***** Source information *****

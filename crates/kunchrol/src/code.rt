//! The numbers that C is answered.

ghost use Rattle.std.specs.Prelude.{◌≡◌};
ghost use Rattle.kunchrol.specs.Refusals.{code_of, code_of_file, line_of_file};

use records::RecordsFault;
use wholenode::Cause;

/// It was done.
pub const OK: u32 = 0;

/// No frame waits.
pub const NONE: u32 = 1;

/// The buffer is too small.
pub const SMALL: u32 = 2;

/// Digits, codes, a shard or a clock value are not of their form.
pub const ARGUMENT: u32 = 3;

/// The handle has no register.
pub const CLOSED: u32 = 4;

/// The handle has a register.
pub const OPEN: u32 = 5;

/// The journal of the shard is full.
pub const JOURNAL: u32 = 6;

/// As many dialogues are open as may be.
pub const NO_ROOM: u32 = 7;

/// Out of memory.
pub const MEMORY: u32 = 8;

/// A line of the records file is not of its form.
pub const LINE: u32 = 9;

/// The IMSI or MSISDN of a line stands on an earlier line.
pub const TWICE: u32 = 10;

/// A line of an image is not of its form, or cannot follow those before it.
pub const IMAGE_LINE: u32 = 11;

/// An image ends before all shards are whole.
pub const IMAGE_SHORT: u32 = 12;

/// Why an event was not handled.
pub fn code_of_cause(cause: Cause) -> u32
    ensures { result ≡ code_of cause }
{
    match cause {
        Cause::JournalFull => JOURNAL,
        Cause::NoRoom => NO_ROOM,
        Cause::Memory | Cause::ResetRefused => MEMORY,
    }
}

/// Why a text was not read as a records file.
pub fn code_of_records(fault: RecordsFault) -> u32
    ensures { result ≡ code_of_file fault }
{
    match fault {
        RecordsFault::BadLine(_) => LINE,
        RecordsFault::Twice(_) => TWICE,
        RecordsFault::Memory => MEMORY,
    }
}

/// The line of a fault in a records file, from 1; 0 if memory ran out.
pub fn line_of(fault: RecordsFault) -> u64
    ensures { result ≡ line_of_file fault }
{
    match fault {
        RecordsFault::BadLine(line) | RecordsFault::Twice(line) => line,
        RecordsFault::Memory => 0,
    }
}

*****

## Task to complete:
For the entries above, state how many lines contain the word "specs". Provide the number by itself.

## Expected output:
2